**TASK BRIEF:** Copy all lines below that use the word "Stores".

**SOURCE RECORDS:**
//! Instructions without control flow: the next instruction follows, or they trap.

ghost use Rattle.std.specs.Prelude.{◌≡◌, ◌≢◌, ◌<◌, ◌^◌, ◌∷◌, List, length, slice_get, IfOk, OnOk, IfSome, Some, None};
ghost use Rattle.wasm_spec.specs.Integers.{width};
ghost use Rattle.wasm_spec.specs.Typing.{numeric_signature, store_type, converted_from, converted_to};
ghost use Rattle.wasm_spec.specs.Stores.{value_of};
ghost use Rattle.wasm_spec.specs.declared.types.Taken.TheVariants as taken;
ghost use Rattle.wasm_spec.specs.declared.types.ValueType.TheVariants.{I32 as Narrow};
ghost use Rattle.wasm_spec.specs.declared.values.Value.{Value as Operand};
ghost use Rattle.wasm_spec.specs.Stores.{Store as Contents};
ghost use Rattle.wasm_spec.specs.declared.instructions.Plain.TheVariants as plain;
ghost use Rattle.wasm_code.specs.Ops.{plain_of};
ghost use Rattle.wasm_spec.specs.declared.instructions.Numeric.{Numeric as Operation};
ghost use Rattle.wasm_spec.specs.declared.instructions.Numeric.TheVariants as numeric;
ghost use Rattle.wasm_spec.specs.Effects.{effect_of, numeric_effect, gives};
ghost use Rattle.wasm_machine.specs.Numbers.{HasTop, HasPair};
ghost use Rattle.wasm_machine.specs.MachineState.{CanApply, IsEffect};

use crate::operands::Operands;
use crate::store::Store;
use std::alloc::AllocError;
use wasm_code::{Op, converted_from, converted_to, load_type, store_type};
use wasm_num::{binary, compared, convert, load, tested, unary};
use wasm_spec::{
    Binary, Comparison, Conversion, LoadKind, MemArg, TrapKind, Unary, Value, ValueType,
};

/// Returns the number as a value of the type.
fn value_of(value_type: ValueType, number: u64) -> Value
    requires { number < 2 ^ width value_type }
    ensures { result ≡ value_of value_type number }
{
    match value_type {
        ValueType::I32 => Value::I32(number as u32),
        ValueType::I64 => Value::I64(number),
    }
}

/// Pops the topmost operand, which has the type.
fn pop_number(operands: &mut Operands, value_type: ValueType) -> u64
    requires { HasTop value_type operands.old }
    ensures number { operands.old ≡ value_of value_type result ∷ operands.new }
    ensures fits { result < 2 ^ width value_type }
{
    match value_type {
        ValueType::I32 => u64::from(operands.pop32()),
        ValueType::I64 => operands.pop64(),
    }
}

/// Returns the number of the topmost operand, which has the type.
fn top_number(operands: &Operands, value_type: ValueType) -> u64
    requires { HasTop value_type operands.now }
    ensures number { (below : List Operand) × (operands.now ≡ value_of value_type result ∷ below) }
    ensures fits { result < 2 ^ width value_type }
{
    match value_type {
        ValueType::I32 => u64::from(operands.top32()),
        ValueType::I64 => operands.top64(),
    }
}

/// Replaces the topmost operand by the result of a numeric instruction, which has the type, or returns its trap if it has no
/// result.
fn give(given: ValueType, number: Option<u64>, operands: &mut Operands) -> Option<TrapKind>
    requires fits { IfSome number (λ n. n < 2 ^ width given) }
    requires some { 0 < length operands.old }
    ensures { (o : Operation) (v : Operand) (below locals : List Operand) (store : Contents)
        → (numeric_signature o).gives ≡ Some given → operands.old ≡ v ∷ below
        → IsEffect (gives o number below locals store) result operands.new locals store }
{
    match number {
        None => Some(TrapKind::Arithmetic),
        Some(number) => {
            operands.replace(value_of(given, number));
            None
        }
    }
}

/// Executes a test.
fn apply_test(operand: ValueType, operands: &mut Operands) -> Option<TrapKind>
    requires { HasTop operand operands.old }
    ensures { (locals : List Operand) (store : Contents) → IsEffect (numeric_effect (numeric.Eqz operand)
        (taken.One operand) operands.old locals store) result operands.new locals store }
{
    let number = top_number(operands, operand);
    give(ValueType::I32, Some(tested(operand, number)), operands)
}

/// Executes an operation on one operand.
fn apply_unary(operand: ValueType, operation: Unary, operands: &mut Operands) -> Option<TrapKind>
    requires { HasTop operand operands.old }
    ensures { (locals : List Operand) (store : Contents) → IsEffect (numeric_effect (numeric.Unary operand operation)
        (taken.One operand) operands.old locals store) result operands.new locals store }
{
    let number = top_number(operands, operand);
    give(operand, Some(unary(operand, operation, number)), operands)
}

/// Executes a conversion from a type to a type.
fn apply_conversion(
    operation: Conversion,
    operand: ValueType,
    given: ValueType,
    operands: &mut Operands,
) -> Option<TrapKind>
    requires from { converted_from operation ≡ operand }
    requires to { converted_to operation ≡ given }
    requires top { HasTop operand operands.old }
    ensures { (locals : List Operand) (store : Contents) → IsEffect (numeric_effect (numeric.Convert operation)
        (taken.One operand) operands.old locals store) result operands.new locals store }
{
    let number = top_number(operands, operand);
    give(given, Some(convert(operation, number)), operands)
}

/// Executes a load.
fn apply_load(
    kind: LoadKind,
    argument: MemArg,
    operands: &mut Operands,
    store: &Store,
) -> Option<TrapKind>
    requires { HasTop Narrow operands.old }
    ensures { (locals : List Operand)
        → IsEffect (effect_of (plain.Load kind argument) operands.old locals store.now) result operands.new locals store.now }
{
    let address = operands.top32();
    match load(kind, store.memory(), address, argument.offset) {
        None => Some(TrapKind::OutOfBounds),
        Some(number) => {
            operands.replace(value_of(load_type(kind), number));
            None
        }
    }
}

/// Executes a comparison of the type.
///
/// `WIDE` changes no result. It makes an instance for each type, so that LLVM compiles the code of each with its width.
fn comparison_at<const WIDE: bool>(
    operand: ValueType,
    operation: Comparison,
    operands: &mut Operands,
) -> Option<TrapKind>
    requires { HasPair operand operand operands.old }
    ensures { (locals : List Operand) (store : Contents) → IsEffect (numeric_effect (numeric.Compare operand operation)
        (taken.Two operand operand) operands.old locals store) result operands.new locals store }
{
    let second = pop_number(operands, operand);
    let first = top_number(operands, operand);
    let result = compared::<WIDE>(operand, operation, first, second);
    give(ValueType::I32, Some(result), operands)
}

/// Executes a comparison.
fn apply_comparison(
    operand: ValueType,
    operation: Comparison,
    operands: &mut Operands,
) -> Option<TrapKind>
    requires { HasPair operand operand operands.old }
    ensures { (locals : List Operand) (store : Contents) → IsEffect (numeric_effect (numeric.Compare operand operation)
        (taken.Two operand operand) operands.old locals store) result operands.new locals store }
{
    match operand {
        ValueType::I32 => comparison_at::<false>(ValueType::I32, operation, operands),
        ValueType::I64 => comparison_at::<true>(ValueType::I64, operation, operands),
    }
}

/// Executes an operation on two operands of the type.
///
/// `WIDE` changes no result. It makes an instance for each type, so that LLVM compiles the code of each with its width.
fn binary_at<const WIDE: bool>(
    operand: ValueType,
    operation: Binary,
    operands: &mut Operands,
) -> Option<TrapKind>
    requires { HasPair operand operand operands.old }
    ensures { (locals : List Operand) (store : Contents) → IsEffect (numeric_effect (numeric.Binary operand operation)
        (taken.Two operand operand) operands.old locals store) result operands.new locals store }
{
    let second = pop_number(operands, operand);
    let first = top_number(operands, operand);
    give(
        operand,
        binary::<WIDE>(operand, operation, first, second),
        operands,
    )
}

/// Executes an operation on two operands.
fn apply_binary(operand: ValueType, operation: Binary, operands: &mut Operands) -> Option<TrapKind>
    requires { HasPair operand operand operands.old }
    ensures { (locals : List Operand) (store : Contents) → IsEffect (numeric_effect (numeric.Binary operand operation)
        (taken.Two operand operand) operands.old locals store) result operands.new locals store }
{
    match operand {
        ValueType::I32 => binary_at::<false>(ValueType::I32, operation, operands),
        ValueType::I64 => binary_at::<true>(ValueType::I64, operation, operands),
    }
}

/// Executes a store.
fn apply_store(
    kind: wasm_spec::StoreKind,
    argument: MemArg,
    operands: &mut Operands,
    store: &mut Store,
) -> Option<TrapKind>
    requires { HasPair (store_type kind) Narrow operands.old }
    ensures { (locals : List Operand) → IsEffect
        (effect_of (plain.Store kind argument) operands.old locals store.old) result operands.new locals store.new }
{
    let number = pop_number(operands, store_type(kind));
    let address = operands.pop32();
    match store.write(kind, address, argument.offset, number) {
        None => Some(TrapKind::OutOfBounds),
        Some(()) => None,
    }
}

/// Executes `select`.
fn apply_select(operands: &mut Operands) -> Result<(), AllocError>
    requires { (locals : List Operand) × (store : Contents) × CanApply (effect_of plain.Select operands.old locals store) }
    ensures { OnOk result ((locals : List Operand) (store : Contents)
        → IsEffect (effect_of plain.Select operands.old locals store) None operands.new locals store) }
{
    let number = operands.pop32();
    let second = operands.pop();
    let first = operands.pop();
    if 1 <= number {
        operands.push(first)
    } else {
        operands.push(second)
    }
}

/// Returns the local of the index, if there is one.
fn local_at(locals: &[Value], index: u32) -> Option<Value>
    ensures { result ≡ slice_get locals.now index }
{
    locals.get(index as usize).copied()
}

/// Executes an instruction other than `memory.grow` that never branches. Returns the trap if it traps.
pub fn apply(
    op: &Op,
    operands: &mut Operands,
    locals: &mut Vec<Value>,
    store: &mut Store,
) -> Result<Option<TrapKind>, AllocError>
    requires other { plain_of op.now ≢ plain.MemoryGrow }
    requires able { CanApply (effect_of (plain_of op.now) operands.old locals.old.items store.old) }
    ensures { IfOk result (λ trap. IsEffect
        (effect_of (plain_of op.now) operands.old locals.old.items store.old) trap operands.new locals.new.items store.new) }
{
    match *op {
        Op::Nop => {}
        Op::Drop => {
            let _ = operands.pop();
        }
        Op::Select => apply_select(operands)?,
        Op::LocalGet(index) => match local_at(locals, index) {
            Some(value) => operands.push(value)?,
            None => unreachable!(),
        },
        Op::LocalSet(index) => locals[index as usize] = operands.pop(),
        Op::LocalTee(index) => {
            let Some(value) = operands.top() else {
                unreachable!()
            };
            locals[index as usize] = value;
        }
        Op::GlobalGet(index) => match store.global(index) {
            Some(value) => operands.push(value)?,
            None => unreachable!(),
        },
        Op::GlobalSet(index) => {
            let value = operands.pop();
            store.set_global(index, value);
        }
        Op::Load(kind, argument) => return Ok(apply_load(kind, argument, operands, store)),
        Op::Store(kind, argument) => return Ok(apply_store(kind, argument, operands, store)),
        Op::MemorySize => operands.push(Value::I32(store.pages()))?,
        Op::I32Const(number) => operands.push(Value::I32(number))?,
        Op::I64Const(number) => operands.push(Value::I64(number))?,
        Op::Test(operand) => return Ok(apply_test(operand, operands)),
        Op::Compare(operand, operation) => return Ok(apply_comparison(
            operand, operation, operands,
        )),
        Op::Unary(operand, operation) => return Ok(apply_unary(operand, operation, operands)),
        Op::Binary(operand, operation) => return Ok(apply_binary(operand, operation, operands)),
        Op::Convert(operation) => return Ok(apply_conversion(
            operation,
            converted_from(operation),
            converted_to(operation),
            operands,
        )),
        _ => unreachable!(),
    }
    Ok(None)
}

**FINAL ANSWER:**
ghost use Rattle.wasm_spec.specs.Stores.{value_of};
ghost use Rattle.wasm_spec.specs.Stores.{Store as Contents};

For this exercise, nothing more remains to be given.